_Your goal:_ Here are the records. Write out exactly the lines between the one holding "nullable = nullable;" and the one holding "impl fmt::Display for", inclusive.

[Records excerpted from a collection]
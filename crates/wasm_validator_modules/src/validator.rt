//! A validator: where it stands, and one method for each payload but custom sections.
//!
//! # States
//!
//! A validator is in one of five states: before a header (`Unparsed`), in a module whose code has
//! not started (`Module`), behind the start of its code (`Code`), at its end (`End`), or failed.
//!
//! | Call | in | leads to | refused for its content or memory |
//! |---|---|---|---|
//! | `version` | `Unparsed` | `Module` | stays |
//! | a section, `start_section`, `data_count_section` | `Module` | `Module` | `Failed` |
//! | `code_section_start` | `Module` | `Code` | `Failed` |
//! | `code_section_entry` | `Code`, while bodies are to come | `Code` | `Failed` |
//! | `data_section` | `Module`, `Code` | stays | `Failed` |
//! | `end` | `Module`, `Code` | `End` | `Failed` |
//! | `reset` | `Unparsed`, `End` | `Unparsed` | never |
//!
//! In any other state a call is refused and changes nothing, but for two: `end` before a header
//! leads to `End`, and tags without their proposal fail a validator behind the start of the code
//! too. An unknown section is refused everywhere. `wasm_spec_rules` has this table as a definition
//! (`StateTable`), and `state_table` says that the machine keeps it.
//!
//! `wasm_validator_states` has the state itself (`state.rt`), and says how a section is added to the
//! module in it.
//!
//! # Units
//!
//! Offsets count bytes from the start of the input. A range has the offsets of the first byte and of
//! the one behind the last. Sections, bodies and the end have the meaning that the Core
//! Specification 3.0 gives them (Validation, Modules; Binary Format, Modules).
* * *
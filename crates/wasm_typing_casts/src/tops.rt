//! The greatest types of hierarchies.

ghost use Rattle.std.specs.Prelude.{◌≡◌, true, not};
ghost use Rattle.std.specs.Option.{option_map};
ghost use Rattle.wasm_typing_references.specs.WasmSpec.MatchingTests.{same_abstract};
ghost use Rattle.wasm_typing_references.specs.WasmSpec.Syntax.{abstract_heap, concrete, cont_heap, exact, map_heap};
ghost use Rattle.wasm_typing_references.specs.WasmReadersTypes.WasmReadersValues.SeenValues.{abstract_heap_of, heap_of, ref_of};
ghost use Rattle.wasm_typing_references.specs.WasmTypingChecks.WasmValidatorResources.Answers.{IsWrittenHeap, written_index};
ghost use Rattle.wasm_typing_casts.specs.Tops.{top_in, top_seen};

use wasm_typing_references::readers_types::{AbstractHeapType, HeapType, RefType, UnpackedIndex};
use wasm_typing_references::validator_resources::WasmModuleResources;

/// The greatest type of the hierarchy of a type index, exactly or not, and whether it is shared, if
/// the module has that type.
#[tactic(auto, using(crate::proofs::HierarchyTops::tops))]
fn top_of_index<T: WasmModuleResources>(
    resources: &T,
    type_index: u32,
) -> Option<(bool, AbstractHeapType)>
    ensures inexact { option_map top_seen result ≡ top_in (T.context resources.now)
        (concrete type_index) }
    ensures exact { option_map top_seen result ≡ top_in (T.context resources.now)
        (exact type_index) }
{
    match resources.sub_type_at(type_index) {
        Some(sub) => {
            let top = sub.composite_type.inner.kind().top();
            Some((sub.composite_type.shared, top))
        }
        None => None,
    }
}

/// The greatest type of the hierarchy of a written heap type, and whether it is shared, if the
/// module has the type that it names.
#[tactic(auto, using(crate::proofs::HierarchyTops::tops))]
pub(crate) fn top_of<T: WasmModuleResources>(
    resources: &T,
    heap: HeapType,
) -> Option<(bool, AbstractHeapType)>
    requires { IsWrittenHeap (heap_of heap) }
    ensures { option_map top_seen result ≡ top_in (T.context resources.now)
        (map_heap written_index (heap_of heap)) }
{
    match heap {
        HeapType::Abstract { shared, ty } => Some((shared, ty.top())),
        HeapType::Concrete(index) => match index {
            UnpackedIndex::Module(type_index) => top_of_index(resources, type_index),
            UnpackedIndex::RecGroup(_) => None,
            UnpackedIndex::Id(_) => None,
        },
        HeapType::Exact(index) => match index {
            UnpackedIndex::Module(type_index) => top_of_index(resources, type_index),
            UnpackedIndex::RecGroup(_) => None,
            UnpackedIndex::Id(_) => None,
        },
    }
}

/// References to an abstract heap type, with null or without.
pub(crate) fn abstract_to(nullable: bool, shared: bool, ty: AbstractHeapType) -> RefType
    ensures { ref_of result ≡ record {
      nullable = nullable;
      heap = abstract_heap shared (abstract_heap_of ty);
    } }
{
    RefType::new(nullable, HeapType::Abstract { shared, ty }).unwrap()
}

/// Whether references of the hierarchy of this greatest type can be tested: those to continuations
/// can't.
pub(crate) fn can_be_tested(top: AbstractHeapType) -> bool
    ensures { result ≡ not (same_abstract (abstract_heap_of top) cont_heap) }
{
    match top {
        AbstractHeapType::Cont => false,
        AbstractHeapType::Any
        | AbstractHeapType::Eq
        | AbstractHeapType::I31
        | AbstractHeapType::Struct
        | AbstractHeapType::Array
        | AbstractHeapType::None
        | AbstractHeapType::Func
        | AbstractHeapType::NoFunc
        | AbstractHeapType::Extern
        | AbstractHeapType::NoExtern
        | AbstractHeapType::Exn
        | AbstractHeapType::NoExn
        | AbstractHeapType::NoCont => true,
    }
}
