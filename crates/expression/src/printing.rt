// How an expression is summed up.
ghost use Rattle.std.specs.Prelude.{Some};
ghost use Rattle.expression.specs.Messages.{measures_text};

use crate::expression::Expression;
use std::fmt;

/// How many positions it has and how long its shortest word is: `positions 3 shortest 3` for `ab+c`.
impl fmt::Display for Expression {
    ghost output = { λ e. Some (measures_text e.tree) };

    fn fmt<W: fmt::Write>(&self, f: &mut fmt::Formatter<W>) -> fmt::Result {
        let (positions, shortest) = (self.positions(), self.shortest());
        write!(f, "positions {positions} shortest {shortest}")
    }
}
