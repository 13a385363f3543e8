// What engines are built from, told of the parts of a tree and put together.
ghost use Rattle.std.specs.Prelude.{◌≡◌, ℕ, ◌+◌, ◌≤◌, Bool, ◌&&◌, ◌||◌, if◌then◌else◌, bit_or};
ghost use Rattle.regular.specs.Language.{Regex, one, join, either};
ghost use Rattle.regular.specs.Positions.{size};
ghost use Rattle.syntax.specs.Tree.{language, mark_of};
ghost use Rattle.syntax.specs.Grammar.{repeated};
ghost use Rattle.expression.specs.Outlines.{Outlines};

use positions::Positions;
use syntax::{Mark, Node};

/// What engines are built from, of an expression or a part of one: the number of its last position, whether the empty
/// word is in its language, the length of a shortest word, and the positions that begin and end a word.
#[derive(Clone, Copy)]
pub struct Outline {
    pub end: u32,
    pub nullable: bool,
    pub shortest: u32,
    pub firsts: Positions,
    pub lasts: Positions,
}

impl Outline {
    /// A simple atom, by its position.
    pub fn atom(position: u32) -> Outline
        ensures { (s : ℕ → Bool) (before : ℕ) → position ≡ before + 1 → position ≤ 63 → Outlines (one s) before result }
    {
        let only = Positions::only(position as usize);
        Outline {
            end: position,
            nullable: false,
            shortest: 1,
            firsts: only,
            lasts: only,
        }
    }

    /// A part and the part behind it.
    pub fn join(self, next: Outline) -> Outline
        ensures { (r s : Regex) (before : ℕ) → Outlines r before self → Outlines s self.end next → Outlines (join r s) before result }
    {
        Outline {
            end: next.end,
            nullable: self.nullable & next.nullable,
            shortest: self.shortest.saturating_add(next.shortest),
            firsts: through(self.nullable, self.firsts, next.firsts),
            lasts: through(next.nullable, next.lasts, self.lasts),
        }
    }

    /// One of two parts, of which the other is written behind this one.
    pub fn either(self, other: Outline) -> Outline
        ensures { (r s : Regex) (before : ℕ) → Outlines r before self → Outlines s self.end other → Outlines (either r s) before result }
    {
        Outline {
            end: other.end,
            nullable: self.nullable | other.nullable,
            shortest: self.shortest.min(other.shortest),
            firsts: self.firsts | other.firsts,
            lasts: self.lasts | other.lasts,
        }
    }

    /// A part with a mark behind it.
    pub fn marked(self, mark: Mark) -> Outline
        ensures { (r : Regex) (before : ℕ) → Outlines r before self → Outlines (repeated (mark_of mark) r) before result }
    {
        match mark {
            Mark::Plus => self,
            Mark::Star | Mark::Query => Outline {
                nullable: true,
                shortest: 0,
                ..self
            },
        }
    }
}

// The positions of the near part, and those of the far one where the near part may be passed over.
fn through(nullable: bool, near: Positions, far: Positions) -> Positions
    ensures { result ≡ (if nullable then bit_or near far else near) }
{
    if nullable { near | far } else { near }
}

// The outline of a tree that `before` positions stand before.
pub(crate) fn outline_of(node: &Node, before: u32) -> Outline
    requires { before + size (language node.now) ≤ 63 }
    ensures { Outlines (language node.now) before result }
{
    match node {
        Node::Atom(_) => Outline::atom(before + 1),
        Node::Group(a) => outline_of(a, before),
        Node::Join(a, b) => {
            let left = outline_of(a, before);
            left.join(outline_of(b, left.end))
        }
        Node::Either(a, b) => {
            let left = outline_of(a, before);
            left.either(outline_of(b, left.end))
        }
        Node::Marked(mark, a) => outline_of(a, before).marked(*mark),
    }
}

_Solution to the problem:_
      nullable = nullable;
      heap = abstract_heap shared (abstract_heap_of ty);
    } }
{
    RefType::new(nullable, HeapType::Abstract { shared, ty }).unwrap()
}

/// Whether references of the hierarchy of this greatest type can be tested: those to continuations
/// can't.
pub(crate) fn can_be_tested(top: AbstractHeapType) -> bool
    ensures { result ≡ not (same_abstract (abstract_heap_of top) cont_heap) }
{
    match top {
        AbstractHeapType::Cont => false,
        AbstractHeapType::Any
        | AbstractHeapType::Eq
        | AbstractHeapType::I31
        | AbstractHeapType::Struct
        | AbstractHeapType::Array
        | AbstractHeapType::None
        | AbstractHeapType::Func
        | AbstractHeapType::NoFunc
        | AbstractHeapType::Extern
        | AbstractHeapType::NoExtern
        | AbstractHeapType::Exn
        | AbstractHeapType::NoExn
        | AbstractHeapType::NoCont => true,
    }
}
filename crates/expression/src/printing.rt
// How an expression is summed up.
ghost use Rattle.std.specs.Prelude.{Some};
ghost use Rattle.expression.specs.Messages.{measures_text};

use crate::expression::Expression;
use std::fmt;

/// How many positions it has and how long its shortest word is: `positions 3 shortest 3` for `ab+c`.
impl fmt::Display for Expression {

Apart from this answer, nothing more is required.